RepoWatch / GitHub signal
llama.cpp b9859 adds precompiled OpenCL kernels for Adreno
This is not a blanket upgrade signal, but it is worth testing if local agent inference is moving onto Snapdragon/Adreno hardware.
llama.cpp sits underneath a lot of local model tooling. Better OpenCL support on Adreno matters for edge boxes, portable Windows-on-Arm machines, and any agent stack trying to escape the cloud/GPU rental treadmill.
What changed
ggml-org/llama.cpp published build b9859, pointing at commit 4fc4ec5.
The useful bit is the OpenCL change: llama.cpp can now load precompiled binary kernels from a Qualcomm Adreno kernel library when built with:
-DGGML_OPENCL_USE_ADRENO_BIN_KERNELS=ON
The docs say the prebuilt library currently targets Snapdragon X2 Adreno GPUs and includes kernels for MUL_MAT_ID paths including Q4_0, Q4_1, Q4_K and MXFP4.
The same commit also expands the documented OpenCL/Adreno support matrix, adding newer Adreno parts and more common quantisation formats.
Links:
- https://github.com/ggml-org/llama.cpp/releases/tag/b9859
- https://github.com/ggml-org/llama.cpp/commit/4fc4ec5541b243957ae5099edb67372f8f3b550e
Why it matters
This is infrastructure work, not a shiny model drop.
For local agents, the interesting part is boring reliability: fewer runtime kernel-compilation surprises, more predictable OpenCL behaviour, and a clearer path for Snapdragon/Adreno machines to run quantised models without pretending every useful local box has CUDA.

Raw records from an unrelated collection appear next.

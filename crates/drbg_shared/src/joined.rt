// The hash of six strings read through as one, never gathered: what a mechanism puts first, then the caller's three.
ghost use Rattle.std.specs.Prelude.{◌≡◌, ◌++◌, ◌≤◌, length};
ghost use Rattle.standard.specs.Hash.{hash};
ghost use Rattle.standard.specs.Sha256.{sha256};
ghost use Rattle.sha256.specs.Seed.{material, Short};
ghost use Rattle.sha256.specs.Values.{digest_of};

use sha256::reader;
use sha256::running::{Digest, Running};
use sha256::strings::Strings;

pub fn hash_joined(first: &[u8], second: &[u8], third: &[u8], strings: &Strings<'_>) -> Digest
    requires first_len_bound { (length first.now ≤ 64) × (length second.now ≤ 64) × (length third.now ≤ 64) }
    requires short { Short strings.now }
    ensures { digest_of result ≡ hash sha256 (first.now ++ (second.now ++ (third.now ++ material strings.now))) }
{
    // One h that each reading takes the place of: chained calls would each have a frame's part of their own.
    let mut h = Running::new().update(first);
    h = h.update(second);
    h = h.update(third);
    h = reader::read_through(h, strings);
    h.finish().digest()
}
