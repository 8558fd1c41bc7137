// A mechanism on a generator as it stands in a slot: its two fields are lent, and led on in their places. Each function hands back the
// blocks that it has consumed.
ghost use Rattle.std.specs.Prelude.{◌≡◌, ℕ, ◌+◌, ◌≤◌, length};
ghost use Rattle.standard.specs.Functions.{Mechanism, opening, reseeding, draw};
ghost use Rattle.standard.specs.Sha256.{sha256};
ghost use Rattle.drbg_shared.specs.Generator.{Fields, state_of, served, filled, holding, led_on};

pub trait Drbg {
    // which of the standard's it is
    ghost mechanism: { Mechanism };

    // SP 800-90A §9.1, step 9.
    fn opened<'a>(
        first: &mut [u8; 55],
        second: &mut [u8; 55],
        entropy: &'a [u8],
        nonce: &'a [u8],
        personalization: &'a [u8],
    ) -> u64
        requires { (length entropy.now ≤ 1024) × (length nonce.now ≤ 64) × (length personalization.now ≤ 512) }
        ensures is { led_on first.new second.new 1 result
            ≡ served (opening sha256 mechanism entropy.now nonce.now personalization.now) }
        ensures sized { Fields first.new second.new };

    // §9.2, step 6.
    fn reseeded<'a>(
        first: &mut [u8; 55],
        second: &mut [u8; 55],
        entropy: &'a [u8],
        additional: &'a [u8],
    ) -> u64
        requires { (length entropy.now ≤ 1024) × (length additional.now ≤ 1024) }
        ensures is { (counter : ℕ) → led_on first.new second.new 1 result
            ≡ served (reseeding sha256 mechanism (state_of mechanism (holding first.old second.old counter))
            entropy.now additional.now) }
        ensures few { result ≤ 8288 }
        ensures sized { Fields first.new second.new };

    // §9.3.1, step 8.
    fn drawn(
        first: &mut [u8; 55],
        second: &mut [u8; 55],
        counter: u64,
        additional: &[u8],
        out: &mut [u8],
    ) -> u64
        requires { (length out.old ≤ 65536) × (length additional.now ≤ 1024) }
        ensures is { record { served = led_on first.new second.new (counter + 1) result; output = out.new }
            ≡ filled (draw sha256 mechanism (state_of mechanism (holding first.old second.old counter))
            (length out.old) additional.now) }
        ensures few { result ≤ 8288 }
        ensures sized { Fields first.new second.new };
}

That matters for Foundry-style operator tooling because local inference is only useful if it can be deployed repeatably. A fast demo on one developer machine is not a stack. A documented build flag, known binary kernels, and a narrower support matrix are closer to something you can actually test, pin, and hand to a client machine without roulette.
It also lands alongside a broader local-stack tidy-up: Unsloth fixed gpt-oss offloaded embedding/generation edge cases, bitsandbytes improved its MPS backend fallbacks, and Axolotl fixed LoRA merge handling for quantised bases. Different projects, same theme: fewer weird failures at the edge of quantised/local workflows.
My read
This is worth a spike, not an automatic update.
If we are testing Snapdragon X Elite/X2-style hardware for local agent workloads, b9859 deserves a small benchmark pass against the previous pinned llama.cpp build. The test should be practical: same GGUFs, same prompts, same agent harness, OpenCL enabled, with and without the Adreno binary kernel option.
Measure startup behaviour, first-token latency, tokens/sec, memory, thermal throttling, and whether tool-heavy agent loops remain stable after repeated runs. If it only helps a narrow Snapdragon X2 path today, that is still useful intelligence. If it is brittle, park it.
Do not rush this into any existing stable local stack unless that stack is specifically using the affected OpenCL/Adreno path.
Bottom line
llama.cpp b9859 is a small but material local-inference update for Qualcomm/Adreno experiments. Treat it as a candidate for edge-agent hardware testing, not general dependency churn.